**What to produce:** The result should be the line with "result ≤ depth" followed by every remaining line of the entries, each reproduced exactly, with nothing else.

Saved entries
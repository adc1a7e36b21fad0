ghost use Rattle.std.specs.Prelude.{◌≡◌, ◌+◌, ◌<◌, ◌≤◌, ◌++◌, vec_len, OnOk};
ghost use Rattle.rsml_syntax.specs.grammar.Layout as layout;
ghost use Rattle.rsml_syntax.specs.helpers.TokenKinds.{space_before, token_like};
ghost use Rattle.rsml_syntax.specs.declared.token.Token.TheVariants as token;

use crate::token::{Mark, Word};
use rsml_base::NoMemory;

/// A token without the text of its name and without its number: the layout goes by this alone.
#[derive(Clone, Copy)]
pub(crate) enum Kind {
    Word(Word),
    Name,
    Number,
    Mark(Mark),
}

impl Kind {
    pub(crate) fn is_mark(self, mark: Mark) -> bool
        ensures { result ≡ layout.is_mark mark (token_like self) }
    {
        match self {
            Kind::Mark(found) => mark.is(found),
            _ => false,
        }
    }

    fn is_word(self, word: Word) -> bool
        ensures { result ≡ layout.is_the_word word (token_like self) }
    {
        match self {
            Kind::Word(found) => word.is(found),
            _ => false,
        }
    }

    fn is_name(self) -> bool
        ensures { result ≡ layout.is_a_name (token_like self) }
    {
        match self {
            Kind::Name => true,
            _ => false,
        }
    }
}

/// Whether the line in which a brace closes goes on with this.
fn follows_brace(kind: Kind) -> bool
    ensures { result ≡ layout.follows_brace (token_like kind) }
{
    kind.is_mark(Mark::Semicolon)
        || kind.is_word(Word::Raise)
        || kind.is_word(Word::Quiet)
        || kind.is_mark(Mark::OpenParen)
}

/// Whether a new line begins between the two.
fn breaks_line(last: Kind, next: Kind) -> bool
    ensures { result ≡ layout.breaks_line (token_like last) (token_like next) }
{
    last.is_mark(Mark::OpenBrace)
        || next.is_mark(Mark::CloseBrace)
        || last.is_mark(Mark::Semicolon)
        || (last.is_mark(Mark::CloseBrace) && !follows_brace(next))
}

/// Whether nothing stands between the two.
fn joins(last: Kind, next: Kind) -> bool
    ensures { result ≡ layout.joins (token_like last) (token_like next) }
{
    next.is_mark(Mark::Semicolon)
        || next.is_mark(Mark::Comma)
        || next.is_mark(Mark::OpenBracket)
        || next.is_mark(Mark::CloseBracket)
        || next.is_mark(Mark::CloseParen)
        || last.is_mark(Mark::OpenBracket)
        || last.is_mark(Mark::OpenParen)
        || (next.is_mark(Mark::Dot) && (last.is_name() || last.is_mark(Mark::CloseBracket)))
        || (last.is_mark(Mark::Dot) && next.is_name())
}

/// Begins a new line, with two spaces for each open brace.
fn write_line(text: &mut Vec<u8>, depth: usize) -> Result<(), NoMemory>
    ensures ok { OnOk result (text.new.items ≡ text.old.items ++ layout.new_line depth) }
    ensures grows { vec_len text.old ≤ vec_len text.new }
{
    text.push(b'\n')?;
    for _brace in 0..depth {
        text.extend_from_slice(b"  ")?;
    }
    Ok(())
}

/// Writes what stands between the two, where so many braces are open after the first.
fn write_between(text: &mut Vec<u8>, depth: usize, last: Kind, next: Kind) -> Result<(), NoMemory>
    ensures ok { OnOk result (text.new.items ≡ text.old.items ++ layout.space_between depth (token_like last) (token_like next)) }
    ensures grows { vec_len text.old ≤ vec_len text.new }
{
    if breaks_line(last, next) {
        if next.is_mark(Mark::CloseBrace) {
            write_line(text, depth.saturating_sub(1))
        } else {
            write_line(text, depth)
        }
    } else {
        if !joins(last, next) {
            text.push(b' ')?;
        }
        Ok(())
    }
}

/// Writes what stands before a token that follows the last one, if there is one.
pub(crate) fn write_space(
    text: &mut Vec<u8>,
    depth: usize,
    last: Option<Kind>,
    next: Kind,
) -> Result<(), NoMemory>
    ensures ok { OnOk result (text.new.items ≡ text.old.items ++ space_before depth last (token_like next)) }
    ensures grows { vec_len text.old ≤ vec_len text.new }
{
    match last {
        Some(last) => write_between(text, depth, last, next),
        None => Ok(()),
    }
}

/// How many braces are open after the mark, of those that are open before it.
pub(crate) fn depth_after(depth: usize, mark: Mark) -> usize
    requires { depth < usize.MAX }
    ensures value { result ≡ layout.open_after depth (token.Mark mark) }
    ensures most { result ≤ depth + 1 }
{
    if mark.is(Mark::OpenBrace) {
        depth + 1
    } else if mark.is(Mark::CloseBrace) {
        depth.saturating_sub(1)
    } else {
        depth
    }
}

**Response area:**
    ensures most { result ≤ depth + 1 }
{
    if mark.is(Mark::OpenBrace) {
        depth + 1
    } else if mark.is(Mark::CloseBrace) {
        depth.saturating_sub(1)
    } else {
        depth
    }
}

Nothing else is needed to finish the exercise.